Setibanya di kantor, Shandi langsung berlarian masuk ke dalam lobi kantor. Ia sudah panik sebab keadaan kantor sudah sepi. Ia yakin, pasti semua orang sudah berkumpul di aula gedung yang ada di lantai 4. Ia pun segera masuk ke dalam lift dan memencet lantai nomor 4. Setelah sampai, Shandi kembali berlarian dan masuk begitu saja ke aula. Dan benar saja, semua orang tampak sudah berdiri rapi. Mereka sudah tak sabar menantikan saat-saat untuk melihat sang pimpinan yang konon katanya memang sangat cantik. Shandi saja sampai berdebar-debar, ikut antusias dan penasaran dengan sang pimpinan yang kini sedang jadi idola para staf laki-laki di perusahaan itu.
"Loe kemana aja , Shan? Untung aja pak Galih belum muncul, coba kalau udah, bisa-bisa kena SP loe!" bisik salah seorang rekannya.
"Kesiangan," jawab Shandi sambil nyengir.
"Loe aneh, Shan sekarang. Semenjak loe turun jabatan, loe jadi sering telat. Padahal dulu nggak pernah. Malah kamu terkenal sebagai karyawan disiplin," tukas rekan Shandi heran.
Shandi hanya tersenyum masam, tak mungkin ia menceritakan alasannya kan. Tentu saja ini karena beda istri, beda cara melayani.
Kruakkk ...
"Loe lapar? Belum sarapan?" tanya rekannya saat mendengar suara perut Shandi yang berdemonstrasi meminta jatah makan paginya.
Shandi meringis sambil mengusap belakang kepalanya, 'sial, malu-maluin aja.' gumamnya dalam hati.
Tak lama kemudian, suara riuh terdengar dari arah depan dekat dengan panggung. Ternyata satu persatu dewan direksi muncul dengan setelan yang super rapi. Sepertinya mereka begitu antusias dan ingin menyambut kedatangan pimpinan perusahaan dengan begitu totalitas. Bahkan rekan setimnya pun tampil lebih rapi dari biasanya, berbeda dengan dirinya yang tampak sangat kacau.
Tak lama kemudian, Galih pun muncul. Di sampingnya ada seorang perempuan yang terlihat masih begitu muda dengan kemeja putih slim fit di balut blazer berwarna navy dan rok abu-abu sebatas lutut. Mungkin itu merupakan pemimpin mereka, pikir Shandi. Karena Mentari memakai kacamata hitam dan rambutnya sudah dipotong pendek sebatas pundak, membuatnya tidak bisa mengenali sosok itu.

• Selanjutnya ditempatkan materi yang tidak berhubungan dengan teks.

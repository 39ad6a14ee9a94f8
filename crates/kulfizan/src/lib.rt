// The calls of the C interface, for programs in other languages, which `kulfizan_c` exports: a sheet read into numbers, numbers written as a sheet, a query of a
// sheet answered, with a rate, a date or neither, a query of a couple's two sheets, the year a target is reached, the verdict on a
// published column, and the whole run of an input.
#![tactic(auto)]

ghost use Rattle.std.specs.Prelude.{◌≡◌, [], length};
ghost use Rattle.text_tokens.specs.Text.{taken};
ghost use Rattle.quote_kinds.specs.declared.Kind.TheVariants.{Day};
ghost use Rattle.c_set_numbers.specs.SetNumbers.{read_no, numbers_after, write_no, buffer_after, length_after};
ghost use Rattle.c_sheet_quote.specs.SheetQuote.{kind_of, rated_kind_of, sheet_answer, quote_no, quote_after};
ghost use Rattle.c_couple_quote.specs.SheetsCouple.{couple_kind_of, sheets_answer};
ghost use Rattle.c_target_year.specs.SheetTarget.{sheet_target, target_no, found_after, year_after};
ghost use Rattle.run_column_verdict.specs.ColumnVerdict.{sheet_verdict, verdict_no, verdict_after};
ghost use Rattle.kulfizan.specs.Run.{run_no, run_buffer, run_length};

use run::Program;
use run_line::Mode;

// Reads a sheet into the first 372 numbers: the table, the sex, a, theta, K, k, the start and c, and then A, B, alpha and beta of
// each age. The refusal's number, or 0; refused, the call leaves every number as it was.
pub fn kulfizan_read(sheet: &[u8], values: &mut [i64]) -> u8
    ensures value { result ≡ read_no sheet.now (length values.old) }
    ensures values_after { values.new ≡ numbers_after sheet.now values.old }
{
    c_set_numbers::read_into(sheet, values)
}

// Writes the sheet of a set's 372 numbers into the buffer, and its length. The refusal's number, or 0; refused, the call
// leaves every byte and the length as they were.
pub fn kulfizan_write(values: &[i64], buffer: &mut [u8], len: &mut u64) -> u8
    ensures value { result ≡ write_no values.now (length buffer.old) }
    ensures buffer_after { buffer.new ≡ buffer_after values.now buffer.old }
    ensures len_after { len.new ≡ length_after values.now (length buffer.old) len.old }
{
    c_set_numbers::write_from(values, buffer, len)
}

// Answers a query of a sheet, of a kind that takes a span and no rate, in the first five numbers: the two ends, 1 where the figure is
// printed and 0 where it is open, its steps, and 9 or 13, where the ends are in units of 10^-9 or 10^-13. The refusal's number, or 0;
// refused, the call leaves every number as it was.
pub fn kulfizan_quote(
    sheet: &[u8],
    kind: &[u8],
    age: i64,
    year: i64,
    span: i64,
    quote: &mut [u64],
) -> u8
    ensures value { result ≡ quote_no (sheet_answer sheet.now (kind_of kind.now) age year span)
        (length quote.old) }
    ensures quote_after { quote.new ≡ quote_after
        (sheet_answer sheet.now (kind_of kind.now) age year span)
        quote.old }
{
    c_sheet_quote::quote_into(sheet, kind, age, year, span, quote)
}

// The same of a kind that takes a rate, in units of 10^-6.
pub fn kulfizan_annuity(
    sheet: &[u8],
    kind: &[u8],
    age: i64,
    year: i64,
    span: i64,
    rate: i64,
    quote: &mut [u64],
) -> u8
    ensures value { result ≡ quote_no (sheet_answer sheet.now (rated_kind_of kind.now rate) age year span)
        (length quote.old) }
    ensures quote_after { quote.new ≡ quote_after
        (sheet_answer sheet.now (rated_kind_of kind.now rate) age year span)
        quote.old }
{
    c_sheet_quote::annuity_into(sheet, kind, age, year, span, rate, quote)
}

// The same of a survival to a day, its date as YYYYMMDD.
pub fn kulfizan_day(sheet: &[u8], age: i64, year: i64, date: i64, quote: &mut [u64]) -> u8
    ensures value { result ≡ quote_no (sheet_answer sheet.now (taken Day []) age year date)
        (length quote.old) }
    ensures quote_after { quote.new ≡ quote_after
        (sheet_answer sheet.now (taken Day []) age year date)
        quote.old }
{
    c_sheet_quote::day_into(sheet, age, year, date, quote)
}

// The same of a couple: two lives, each with its own sheet and age, the year and the span in common.
pub fn kulfizan_couple(
    first: &[u8],
    second: &[u8],
    kind: &[u8],
    age: i64,
    other: i64,
    year: i64,
    span: i64,
    quote: &mut [u64],
) -> u8
    ensures value { result ≡ quote_no
        (sheets_answer first.now second.now (couple_kind_of kind.now)
        age other year span)
        (length quote.old) }
    ensures quote_after { quote.new ≡ quote_after
        (sheets_answer first.now second.now (couple_kind_of kind.now)
        age other year span)
        quote.old }
{
    c_couple_quote::couple_into(first, second, kind, age, other, year, span, quote)
}

// Finds the first quote year whose period expectancy at an age reaches a target, in units of 10^-9: the first number is then 0 where
// the year is named, 1 where it is open and 2 where there is none, and the second the year, or 0. The refusal's number, or 0;
// refused, the call leaves both numbers as they were.
pub fn kulfizan_target(sheet: &[u8], age: i64, target: i64, found: &mut u64, year: &mut i64) -> u8
    ensures value { result ≡ target_no (sheet_target sheet.now age target) }
    ensures found_after { found.new
        ≡ found_after (sheet_target sheet.now age target) found.old }
    ensures year_after { year.new
        ≡ year_after (sheet_target sheet.now age target) year.old }
{
    c_target_year::target_into(sheet, age, target, found, year)
}

// Checks a published column of q for one year by a sheet: the number is then 0 for right, 1 for wrong and 2 for open. The refusal's
// number, or 0; refused, the call leaves the number as it was.
pub fn kulfizan_verdict(sheet: &[u8], year: i64, column: &[u8], verdict: &mut u64) -> u8
    ensures value { result ≡ verdict_no (sheet_verdict sheet.now year column.now) }
    ensures verdict_after { verdict.new
        ≡ verdict_after (sheet_verdict sheet.now year column.now) verdict.old }
{
    run_column_verdict::verdict_into(sheet, year, column, verdict)
}

// Writes the whole run of an input into the buffer, and its length: as the program `quotes` prints it where
// `ends` is 0, else as `ends` does. 0, or 7 where the buffer has fewer than 5·n + 159 bytes for n bytes of input; refused, the
// call leaves every byte and the length as they were.
pub fn kulfizan_run(input: &[u8], ends: u8, out: &mut [u8], len: &mut u64) -> u8
    ensures value { result ≡ run_no input.now (length out.old) }
    ensures out_after { out.new ≡ run_buffer input.now ends out.old }
    ensures len_after { len.new ≡ run_length input.now ends (length out.old) len.old }
{
    let program = Program::Lines(Mode::Quotes(ends != 0));
    c_set_numbers::tell(run::run(program, input, out), len)
}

Suasana tampak makin riuh apalagi saat Mentari telah berdiri di atas podium menghadap semua karyawannya.
Kemudian Mentari membuka kacamatanya membuat dahi Shandi mengernyit. Ia merasa begitu familiar dengan wajah itu.
"Nggak, nggak mungkin itu Tari kan? Kenapa pikiran ku jadi kacau sih? Kok keingetan Tari melulu? Hah, sudahlah Shandi, buat apa mengingat-ingat perempuan itu. Lagipula kalian sudah bercerai. Sudah, lupakan dia, tak usah ingat-ingat lagi," gumam Shandi.
Namun fokusnya masih ke arah depan. Namun, saat sosok itu memperkenalkan dirinya, mata Shandi langsung terbelalak sempurna. Wajahnya pias. Bibirnya memucat.
"Halo semua, perkenalkan, saya Mentari Dwi Pertiwi. Mulai hari ini, saya akan memimpin secara langsung perusahaan ini setelah tahun-tahun sebelumnya selalu bekerja di balik layar. Mohon kerjasamanya!" ucap Mentari lalu ia menganggukkan sedikit kepalanya.
Kemudian Galih meminta seluruh karyawan bersalaman satu persatu dengan Mentari sebagai salam perkenalan. Mereka pun menyambut dengan antusias kemudian melakukan sesuai titah atasan mereka itu. Hingga tiba saatnya Shandi berhadapan dengan Mentari. Mentari tersenyum sinis, sedangkan Shandi tampak linglung.
"Ta-Tari ... ini ka-mu?" tanya Shandi terbata sambil mengulurkan tangannya untuk bersalaman.
"Surprise," desis Mentari sambil menyambut tangan Shandi dengan tersenyum menyeringai membuat nafas Shandi tercekat. Pasokan oksigen dalam dadanya seakan tiba-tiba menipis. Tubuhnya berkeringat dingin. Matanya mengerjap beberapa kali.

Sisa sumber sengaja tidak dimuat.